Bins, buckets and crates are jammed with derailleurs, brakes, grips, chains, handlebar stems and helmets, all donated. A tool bench is stocked with screwdrivers, wrenches, hammers, pliers, ratchets, blade saws and duct tape. Repair slips are held together by clothespins. One sign reads, “Give me your tired your poor bikes.’’ Another: “God grant me the courage to sell my car.”

That’s one thing Martin doesn’t have to worry about; she has never owned a car.

Second Life Bike’s philosophy is stated on a pamphlet: “We rescue bikes. We fix bikes. We sell bikes. We earn bikes. We ride bikes. We love bikes.”

Prices vary, but don’t go looking for price tags. There are none.

“I don’t want to have a store feeling, and I just kind of know (the prices),” Martin said. “I’ll check Craigslist, I know what other shops are selling them for.”

About 200 children have worked at Second Life Bikes this year alone. Some put in a few hours, never to be seen again.
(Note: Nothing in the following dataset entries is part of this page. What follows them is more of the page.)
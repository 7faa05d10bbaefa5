//! What is reported of lines that are no command.
ghost use Rattle.std.specs.Prelude.{◌≡◌, ◌++◌, IfOk, OnOk, map, string_bytes};
ghost use Rattle.dead_lines.specs.Hints.{hint_of, hints_of, more_of, more_text};

use std::alloc::{AllocError, Global};

// How many lines are reported one by one.
const MOST_HINTS: usize = 10;

// The sentence of a line.
fn hint_of(alloc: Global, line: usize) -> Result<String, AllocError>
    ensures { IfOk result (λ hint. string_bytes hint ≡ hint_of line) }
{
    format!(in alloc; "line {line} is no command and did nothing: see xvsh explain")
}

// The sentence of so many lines more.
fn more_text(alloc: Global, count: usize) -> Result<String, AllocError>
    ensures { IfOk result (λ more. string_bytes more ≡ more_text count) }
{
    if count == 1 {
        return String::from_str(alloc, "and 1 more line is no command");
    }
    format!(in alloc; "and {count} more lines are no command")
}

// Adds the sentence of so many lines more, if there are any.
fn add_more(alloc: Global, count: usize, hints: &mut Vec<String>) -> Result<(), AllocError>
    ensures { OnOk result (map string_bytes hints.new.items ≡ map string_bytes hints.old.items ++ more_of count) }
{
    if count != 0 {
        hints.push(more_text(alloc, count)?)?;
    }
    Ok(())
}

// Adds the sentence of each of these lines.
fn add_hints(alloc: Global, numbers: &[usize], hints: &mut Vec<String>) -> Result<(), AllocError>
    ensures { OnOk result (map string_bytes hints.new.items ≡ map string_bytes hints.old.items ++ map hint_of numbers.now) }
{
    let mut rest = numbers;
    while let Some((number, after)) = rest.split_first() {
        hints.push(hint_of(alloc, *number)?)?;
        rest = after;
    }
    Ok(())
}

/// What is reported of lines of these numbers, which are no command (own): a sentence for each, of more than ten the first ten and then how
/// many more there are. The error is that memory was refused.
pub fn hints_of(alloc: Global, numbers: &[usize]) -> Result<Vec<String>, AllocError>
    ensures { IfOk result (λ hints. map string_bytes hints.items ≡ hints_of numbers.now) }
{
    let (listed, unlisted) = numbers.split_at(numbers.len().min(MOST_HINTS));
    let mut hints = Vec::new(alloc);
    add_hints(alloc, listed, &mut hints)?;
    add_more(alloc, unlisted.len(), &mut hints)?;
    Ok(hints)
}
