//! Laws of the programs: each function's contract is the law, and its body is empty.

ghost use Rattle.std.specs.Prelude.{◌≡◌, ◌⊎◌, ℕ, ◌+◌, ◌-◌, ◌*◌, ◌<◌, ◌≤◌, true, false, List, [], length, Some, take, drop};
ghost use Rattle.std.specs.Option.{is_some};
ghost use Rattle.mem_files.specs.Name.{Name, Bytes};
ghost use Rattle.mem_files.specs.Files.{FileMap};
ghost use Rattle.prog_parts.specs.declared.program.Program.{Program};
ghost use Rattle.user_calls.specs.declared.calls.Call.{Call};
ghost use Rattle.user_calls.specs.Limits.{block_size};
ghost use Rattle.user_calls.specs.declared.calls.Call.TheVariants.{Exit, Write};
ghost use Rattle.user_calls.specs.declared.calls.Reply.{Reply};
ghost use Rattle.user_calls.specs.declared.calls.Reply.TheVariants.{Refused};
ghost use Rattle.meaning_model.specs.Programs.{program_value};
ghost use Rattle.user_progs.specs.State.{State, begins};
ghost use Rattle.prog_parts.specs.Program.{program_uses_input};
ghost use Rattle.user_progs.specs.Turn.{Turn, turn, call_of, next_of, bytes_in};
ghost use Rattle.tree_model.specs.Ahead.{still_opens, still_writes, still_uses};
ghost use Rattle.tree_model.specs.Alone.{World, may_write, May, after_call, to_out};
ghost use Rattle.tree_model.specs.Still.{still, left_of, after_bytes};
ghost use Rattle.tree_model.specs.Waits.{Waits, BeginsShort};
ghost use Rattle.tree_model.specs.Fits.{Fits};
ghost use Rattle.tree_model.specs.Frame.{depends_on, holds_to_write, may_change, only_changed};
ghost use Rattle.tree_model.specs.Refusals.{IsTold, PassesOrTells};
ghost use Rattle.tree_model.specs.Calls.{MayCall};
ghost use Rattle.meaning_model.specs.Firm.{IsFirm};
ghost use Rattle.tree_model.specs.Blocks.{WritesBlock, HoldsBlock};
ghost use Rattle.tree_model.specs.Reads.{bytes_of_function};
ghost use Rattle.tree_model.specs.FilesAhead.{Sizes, sizes, files_ahead, from_files};
ghost use Rattle.tree_model.specs.Tame.{Among, AreTame};
ghost use Rattle.tree_model.specs.Exits.{calls_on, bytes_told, bytes_read, calls_for, most_calls, calls_left, width};
ghost use Rattle.tree_model.specs.ProgramRuns.{first_process, after_replies, MayBe, MayBeRefused, Comes};

/// A program that runs alone, whatever its reads give and how much at a time: what it wrote so far begins what the
/// program function writes, and once it calls `Exit`, its output, the input left and the files are the function's.
///
/// Each argument of `echo` has at most 1,024 bytes, as many as one call writes, and `tee` has at most 16 file words.
/// Opens are answered by the files, with a descriptor above 2 that the program doesn't hold; a read gives at least one
/// byte where any is left; each write and close is done.
pub fn a_program_alone_does_what_its_function_says()
    ensures { (program : Program) (arguments : List Bytes) (input : Bytes) (F : FileMap) (replies : List Reply) → BeginsShort program arguments
        → MayBe (first_process program arguments input F) replies
        → Comes (after_replies (first_process program arguments input F) replies) (program_value (Some program) arguments input F) }
{}

/// What is left of a program: of one that was found, all that its function says; and each reply that a program alone
/// may be given leaves what the next call writes and what follows it. After each it waits for the reply to its call,
/// with its files open where it left them, and those that it writes no further than at their ends.
pub fn each_call_keeps_what_is_left()
    ensures begins { (program : Program) (arguments : List Bytes) (world : World)
        → still (begins program arguments) world ≡ program_value (Some program) arguments world.input world.files }
    ensures kept { (state : State) (call : Call) (reply : Reply) (world : World) → Waits state call world → Fits state world → May call reply world
        → still state world ≡ left_of (turn state reply) 0 (after_call call reply world) }
    ensures waits { (state : State) (call : Call) (reply : Reply) (world : World) → Waits state call world → May call reply world
        → Waits (turn state reply).next (turn state reply).call (after_call call reply world) }
    ensures fits { (state : State) (call : Call) (reply : Reply) (world : World) → Waits state call world → Fits state world → May call reply world
        → Fits (turn state reply).next (after_call call reply world) }
    ensures put { (turn : Turn) (put more : ℕ) (world : World)
        → left_of turn put world ≡ after_bytes (take more (drop put (to_out turn.call))) (left_of turn (put + more) world) }
{}

/// Whatever a program is answered, from the first reply on: it reads standard input, if it uses it, and what it opened and
/// did not close; writes to 1, to 2 and to such a file; opens its file words, `tee` for writing and the others for reading;
/// closes what it opened; and else only exits.
pub fn a_program_makes_no_other_calls()
    ensures { (program : Program) (arguments : List Bytes) (first : Reply) (replies : List Reply)
        → AreTame program arguments (next_of (begins program arguments) first) (call_of (begins program arguments) first) [] replies }
{}
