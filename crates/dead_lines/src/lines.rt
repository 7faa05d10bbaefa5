//! Which lines are no command, and which do nothing.
ghost use Rattle.std.specs.Prelude.{◌≡◌, ◌++◌, IfOk, OnOk, map};
ghost use Rattle.sh_tree.specs.Tree.{tree_of};
ghost use Rattle.script_load.specs.Line.{line_of};
ghost use Rattle.dead_lines.specs.Dead.{bad_lines, dead_lines, is_bad, is_dead, names_no_program, numbered};

use prog_parts::Program;
use script_load::Line;
use sh_tree::Cmd;
use std::alloc::{AllocError, Allocator, Global};

// Whether some command begins with a name that no program has.
fn names_no_program<A: Allocator>(command: &Cmd<A>) -> bool
    ensures { result ≡ names_no_program (tree_of command.now) }
{
    match command {
        Cmd::Exec(words) => match words.as_slice().first() {
            Some(name) => Program::named(name.as_slice()).is_none(),
            None => false,
        },
        Cmd::Redir { body, .. } | Cmd::Back(body) => names_no_program(body),
        Cmd::Pipe(left, right) | Cmd::List(left, right) => {
            names_no_program(left) || names_no_program(right)
        }
    }
}

// Whether a line is no command.
fn is_bad<A: Allocator>(line: &Line<A>) -> bool
    ensures { result ≡ is_bad (line_of line.now) }
{
    match line {
        Line::Tree(_) | Line::Cd(_) => false,
        Line::Bad(_, _) => true,
    }
}

// Whether a line is no command, or one of its commands begins with a name that no program has.
fn is_dead<A: Allocator>(line: &Line<A>) -> bool
    ensures { result ≡ is_dead (line_of line.now) }
{
    match line {
        Line::Tree(tree) => names_no_program(tree),
        Line::Bad(_, _) => true,
        Line::Cd(_) => false,
    }
}

// Adds the number, if it is listed.
fn add_number(number: usize, is_listed: bool, found: &mut Vec<usize>) -> Result<(), AllocError>
    ensures { OnOk result (found.new.items ≡ found.old.items ++ numbered number is_listed) }
{
    if is_listed {
        found.push(number)?;
    }
    Ok(())
}

/// The numbers, from 1, of the lines that are no command (own): the parser refuses them, and nothing of them runs. A line of blanks
/// and one of `cd` are commands. The error is that memory was refused.
pub fn bad_lines<A: Allocator>(alloc: Global, lines: &[Line<A>]) -> Result<Vec<usize>, AllocError>
    ensures { IfOk result (λ found. found.items ≡ bad_lines (map line_of lines.now)) }
{
    let mut found = Vec::new(alloc);
    let mut rest = lines;
    let mut number: usize = 0;
    while let Some((line, after)) = rest.split_first() {
        number += 1;
        add_number(number, is_bad(line), &mut found)?;
        rest = after;
    }
    Ok(found)
}

/// The numbers, from 1, of the lines that are no command, and of those of which a command begins with a name that no program has
/// (own). The error is that memory was refused.
pub fn dead_lines<A: Allocator>(alloc: Global, lines: &[Line<A>]) -> Result<Vec<usize>, AllocError>
    ensures { IfOk result (λ found. found.items ≡ dead_lines (map line_of lines.now)) }
{
    let mut found = Vec::new(alloc);
    let mut rest = lines;
    let mut number: usize = 0;
    while let Some((line, after)) = rest.split_first() {
        number += 1;
        add_number(number, is_dead(line), &mut found)?;
        rest = after;
    }
    Ok(found)
}
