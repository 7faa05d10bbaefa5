//! What happens in a kernel, and what it can be full of.

/// What happens in one critical section of a kernel: the first number is a hart, the second the slot of a process, both
/// counted from 0 (own).
#[derive(Clone, Copy, Debug, PartialEq, Eq)]
pub enum Event {
    /// The Runnable process begins to run on the hart (xv6's `scheduler`).
    Dispatch(u8, u32),
    /// The system call of the process, which runs on the hart, is carried out, or tried once more if it slept (xv6's
    /// `usertrap`).
    Trap(u8, u32),
}

/// What had no room at the first call of a run that was refused because something was full (own).
#[derive(Clone, Copy, Debug, PartialEq, Eq)]
pub enum Full {
    /// No slot for a process is free.
    Procs,
    /// Too few open-file entries are free: one is needed, and two for a pipe.
    Open,
    /// Too few descriptors of the process are free: one is needed, and two for a pipe.
    Fds,
    /// There are 200 files.
    Files,
    /// A file would have more than 274,432 bytes.
    Size,
    /// The allocator refused memory.
    Memory,
}

/// Whether memory was refused to a call that wanted some.
#[derive(Clone, Copy, Debug, PartialEq, Eq)]
pub enum Memory {
    /// There was enough, or the call wanted none.
    Found,
    /// Some was refused.
    Refused,
}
Others, like Woods and Dajon Williams, are determined to get that free bike.

A volunteer rides a miniature bike at Second Life Bikes.

“When I get my bike,” said the 11-year-old Williams, thinking ahead, “I can come here and fix it.”
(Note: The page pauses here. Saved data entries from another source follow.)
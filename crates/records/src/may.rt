ghost use Rattle.std.specs.Prelude.{◌≡◌, eqb};
ghost use Rattle.words.specs.Tests.{◌or◌};
ghost use Rattle.words.specs.Tables.{first_of};
ghost use Rattle.rules.specs.Drive.{read_only};
ghost use Rattle.rules.specs.Codes.{rows_may};
ghost use Rattle.rules.specs.Refusals.{answer_of};
ghost use Rattle.records.specs.By.{rows_may_by};

use directory::entry::Entry;
use rules::code::Refusal;
use rules::file::File;
use rules::item::MODE_READ_ONLY;
use rules::kind::{Kind, is_past};
use rules::list::LockList;

// The file, whose extent 0 that entry is, has the read-only attribute, or its open is in mode 2.
#[tactic(auto, using(words::proofs::Sets::choices))]
pub fn write_stopped(mode: u8, entry: &Entry) -> bool
    ensures { result ≡ (read_only entry.now.image.now entry.now.place or eqb mode 2) }
{
    entry.is_read_only() || mode == MODE_READ_ONLY
}

// The first refusal that 34, 40 and 41 share, from what was found. The caller's open is at place `o`, 64
// where there is none, as the tables of all calls have it.
#[tactic(auto, using(words::proofs::Sets::codes), unfolding(crate::specs::By::rows_may_by, rules::specs::Locks::is_opened))]
pub fn may_write_by(
    kind: Kind,
    o: usize,
    stopped: bool,
    r: u32,
    locked: bool,
) -> Result<(), Refusal>
    ensures { answer_of result ≡ first_of (rows_may_by kind o stopped r locked) }
{
    if 64 <= o {
        return Err(Refusal::NotOpen);
    }
    if stopped {
        return Err(Refusal::ReadOnly);
    }
    if is_past(kind, r as usize) {
        return Err(Refusal::PastEnd);
    }
    if locked {
        return Err(Refusal::Locked);
    }
    Ok(())
}

// The same on the list. The file's extent 0 is that entry.
#[tactic(auto, unfolding(crate::specs::By::rows_may_by, rules::specs::Codes::rows_may))]
pub fn may_write(
    kind: Kind,
    p: u8,
    l: &LockList,
    o: usize,
    f: File,
    entry: &Entry,
    r: u32,
) -> Result<(), Refusal>
    ensures { answer_of result ≡ first_of (rows_may kind p l.now o f entry.now.place r entry.now.image.now) }
{
    let stopped = write_stopped(l.mode_at(o), entry);
    let locked = l.locked_by_other(p, f, r);
    may_write_by(kind, o, stopped, r, locked)
}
The volunteers include Pitzer, by day a bike mechanic, by night a sound man at The Saint, a local club. There is Pete Leather, a self-described “company restructuring victim” who can be found here in the middle of the night repairing bikes. And Nathan Muniz, a veteran who calls the work his personal “rehab,” instead of “just collecting my check and vegetating.’’
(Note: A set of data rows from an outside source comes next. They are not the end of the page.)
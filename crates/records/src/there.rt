ghost use Rattle.std.specs.Prelude.{◌≡◌};
ghost use Rattle.words.specs.Tables.{first_of};
ghost use Rattle.rules.specs.Codes.{rows_there};
ghost use Rattle.rules.specs.Refusals.{answer_of};

use directory::find::Directory;
use rules::code::Refusal;
use rules::kind::entries;

// Refuses a record that is not there: no such extent (it is at entry `e`, the number of entries: missing), no block.
#[tactic(auto, using(crate::proofs::Reading::there), unfolding(rules::specs::Codes::rows_there))]
pub fn not_there(directory: &Directory, e: usize, r: usize) -> Result<(), Refusal>
    ensures { answer_of result ≡ first_of (rows_there directory.now.kind directory.now.image.now e r) }
{
    if entries(directory.kind) <= e {
        return Err(Refusal::NoExtent);
    }
    if directory.block_in(e, r) == 0 {
        return Err(Refusal::NoBlock);
    }
    Ok(())
}
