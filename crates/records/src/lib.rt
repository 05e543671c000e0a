// 33 Read Random, 34 and 40 Write Random, 41 Test and Write, 46 Get Disk Free Space.
#![tactic(auto)]

pub mod may;
pub mod read;
pub mod space;
pub mod test;
mod there;
pub mod write;
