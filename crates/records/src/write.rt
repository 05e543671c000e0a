ghost use Rattle.std.specs.Prelude.{◌≡◌, true, ◌+◌, ◌*◌, ◌/◌, ◌≤◌, length, Some};
ghost use Rattle.words.specs.Tables.{first_of};
ghost use Rattle.rules.specs.Kinds.{most, entries};
ghost use Rattle.rules.specs.Serves.{Did, buffers};
ghost use Rattle.rules.specs.Drive.{blocks, entry_of, sound_image};
ghost use Rattle.rules.specs.Effects.{spot_at};
ghost use Rattle.rules.specs.Codes.{rows_room};
ghost use Rattle.rules.specs.Refusals.{answer_of};
ghost use Rattle.rules.specs.Locks.{unpack, open_of};
ghost use Rattle.rules.specs.Asks.{caller_file};
ghost use Rattle.rules.specs.Vector.{vector_of};
ghost use Rattle.rules.specs.Call.{Ready, served};
ghost use Rattle.records.specs.By.{entry_or, write_routine, OneDid, marked_by, by34};

use crate::may::{may_write_by, write_stopped};
use directory::entry::Entry;
use directory::find::Directory;
use directory::place::blocks_in;
use locklist::fcb::{caller_file, record_of};
use rules::code::Refusal;
use rules::file::File;
use rules::kind::{Kind, entries};
use rules::list::LockList;
use rules::size::{DMA_SIZE, FCB_SIZE, LIST_SIZE};
use rules::spot::Spot;
use writing::record::write_record;
use writing::spot::spot_at;
use writing::vector::mark_taken;

// Refuses for want of room at the spot.
#[tactic(auto, using(crate::proofs::Writing::rooms))]
fn no_room(directory: &Directory, w: Spot, e: usize, r: usize) -> Result<(), Refusal>
    requires { w ≡ spot_at directory.now.kind directory.now.image.now e r }
    ensures { answer_of result ≡ first_of (rows_room directory.now.kind directory.now.image.now e r) }
{
    if w.fresh && entries(directory.kind) <= w.entry {
        return Err(Refusal::DirectoryFull);
    }
    if w.taken && blocks_in(directory.kind, directory.image) <= w.block {
        return Err(Refusal::DiskFull);
    }
    Ok(())
}

// One record: decide first, then write. The file's extent 0 is at entry `first`, the record's extent at entry `e` (64:
// missing). Tells the entry where that extent then stands.
#[tactic(auto, using(crate::proofs::Marking::ones))]
pub fn write_one(
    kind: Kind,
    zeros: bool,
    o: usize,
    stopped: bool,
    locked: bool,
    f: File,
    first: usize,
    e: usize,
    r: u32,
    v: &[u8],
    image: &mut [u8],
    vector: &mut [u8],
) -> Result<usize, Refusal>
    requires { (128 ≤ length v.now) × (32 * entries kind + 32 ≤ length image.old) × (blocks kind image.old ≤ most kind) × (first ≤ entries kind) × (e ≤ entries kind) × (sound_image kind image.old ≡ true) × (e ≡ entry_of kind image.old f (r / 128)) × (vector.old ≡ vector_of kind image.old) }
    ensures { OneDid kind zeros o stopped locked f first e r v.now image.old (answer_of result) (entry_or e result) image.new × (vector.new ≡ marked_by (answer_of result) (spot_at kind image.old e r) vector.old) }
{
    may_write_by(kind, o, stopped, r, locked)?;
    let at = r as usize;
    let directory = Directory {
        kind,
        image: &*image,
    };
    let w = spot_at(&directory, vector, e, at);
    no_room(&directory, w, e, at)?;
    write_record(kind, image, zeros, w, first, f, at, v);
    mark_taken(w, vector);
    Ok(w.entry)
}

// 34 and 40 on what was found.
#[tactic(auto, using(crate::proofs::Marking::written_by))]
fn write_by(
    kind: Kind,
    zeros: bool,
    p: u8,
    l: &LockList,
    o: usize,
    f: File,
    r: u32,
    fcb: &[u8; FCB_SIZE],
    dma: &[u8; DMA_SIZE],
    list: &[u8; LIST_SIZE],
    image: &mut [u8],
    vector: &mut [u8],
) -> Result<(), Refusal>
    requires { (l.now ≡ unpack list.now) × (f ≡ caller_file p l.now fcb.now) × (o ≡ open_of l.now p f) × Ready kind (buffers fcb.now dma.now list.now image.old) × (vector.old ≡ vector_of kind image.old) }
    ensures { Did (by34 kind zeros p l.now o f r (buffers fcb.now dma.now list.now image.old)) (answer_of result) (buffers fcb.now dma.now list.now image.new) × (vector.new ≡ vector_of kind image.new) }
{
    let directory = Directory {
        kind,
        image: &*image,
    };
    let first = directory.entry_of(f, 0);
    let e = directory.entry_of(f, r as usize / 128);
    let stopped = write_stopped(l.mode_at(o), &Entry::at(&*image, first));
    let locked = l.locked_by_other(p, f, r);
    write_one(
        kind, zeros, o, stopped, locked, f, first, e, r, dma, image, vector,
    )?;
    Ok(())
}

// 34 and 40 (`zeros`) on the buffers.
#[tactic(auto, using(crate::proofs::Writing::write_called))]
pub fn write(
    kind: Kind,
    zeros: bool,
    p: u8,
    l: &LockList,
    fcb: &[u8; FCB_SIZE],
    dma: &[u8; DMA_SIZE],
    list: &[u8; LIST_SIZE],
    image: &mut [u8],
    vector: &mut [u8],
) -> Result<(), Refusal>
    requires { (l.now ≡ unpack list.now) × Ready kind (buffers fcb.now dma.now list.now image.old) × (vector.old ≡ vector_of kind image.old) }
    ensures { Did (served kind (Some (write_routine zeros)) p 1 (buffers fcb.now dma.now list.now image.old)) (answer_of result) (buffers fcb.now dma.now list.now image.new) × (vector.new ≡ vector_of kind image.new) }
{
    let f = caller_file(l, p, fcb);
    let o = l.open_of(p, f);
    let r = record_of(fcb);
    write_by(kind, zeros, p, l, o, f, r, fcb, dma, list, image, vector)
}
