ghost use Rattle.std.specs.Prelude.{◌≡◌, ◌*◌, ◌≤◌, Some};
ghost use Rattle.rules.specs.Kinds.{block_records, most};
ghost use Rattle.rules.specs.Drive.{blocks, free_blocks};
ghost use Rattle.rules.specs.Vector.{vector_of};
ghost use Rattle.rules.specs.Serves.{Did, buffers};
ghost use Rattle.rules.specs.Call.{Ready, served};
ghost use Rattle.rules.specs.declared.routine.Routine.TheVariants.{FreeSpace};

use drive::free::free_blocks;
use rules::kind::{Kind, block_records};
use rules::size::{DMA_SIZE, FCB_SIZE, LIST_SIZE};
use words::byte::{put_bytes, three_bytes};

// The records of all free blocks.
#[tactic(auto, using(crate::proofs::Testing::space_fits, rules::proofs::Sizes::most_fits))]
fn free_records(kind: Kind, image: &[u8], vector: &[u8]) -> usize
    requires { (blocks kind image.now ≤ most kind) × (vector.now ≡ vector_of kind image.now) }
    ensures { result ≡ block_records kind * free_blocks kind image.now }
{
    block_records(kind) * free_blocks(kind, image, vector)
}

// 46 on the buffers, counted by the vector. It is never refused: its answer is 0.
#[tactic(auto, using(crate::proofs::Testing::space_done))]
pub fn free_space(
    kind: Kind,
    p: u8,
    fcb: &[u8; FCB_SIZE],
    dma: &mut [u8; DMA_SIZE],
    list: &[u8; LIST_SIZE],
    image: &[u8],
    vector: &[u8],
)
    requires { Ready kind (buffers fcb.now dma.old list.now image.now) × (vector.now ≡ vector_of kind image.now) }
    ensures { Did (served kind (Some FreeSpace) p 1 (buffers fcb.now dma.old list.now image.now)) 0 (buffers fcb.now dma.new list.now image.now) }
{
    let v = three_bytes(free_records(kind, image, vector));
    put_bytes(dma, 0, &v);
}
And then there is “Miss Kerri,” who may be fun but is no pushover.

“All the time you spend here sitting on the couch, you need to be fixing bikes,” she playfully scolded one teen.

But Second Life Bikes is more than a bike shop, or after-school diversion for kids. Martin recently held a bike-riding class in the parking lot at the Windmill, across the street, and she wants to hold more. Most of her charges are boys; she’d like to get more girls involved by starting a girls’ bike club. She envisions classes on health and nutrition, and maybe at some point would turn over part of the space to bike- or environmentally related micro-businesses.

“There’s a bigger picture here,” Martin said.

Second Life Bikes has become a hot property: Martin has received calls from Girl Scout troops, Big Brothers Big Sisters, Rotary clubs, even parole officers.

“People want to be a part of this,” she said.

Martin, meanwhile, has become a familiar face around town.

“I can’t go anywhere without, ‘Bike Lady, the bike’s great,’ or ‘Bike Lady, it’s making a noise,’ ” she said, smiling.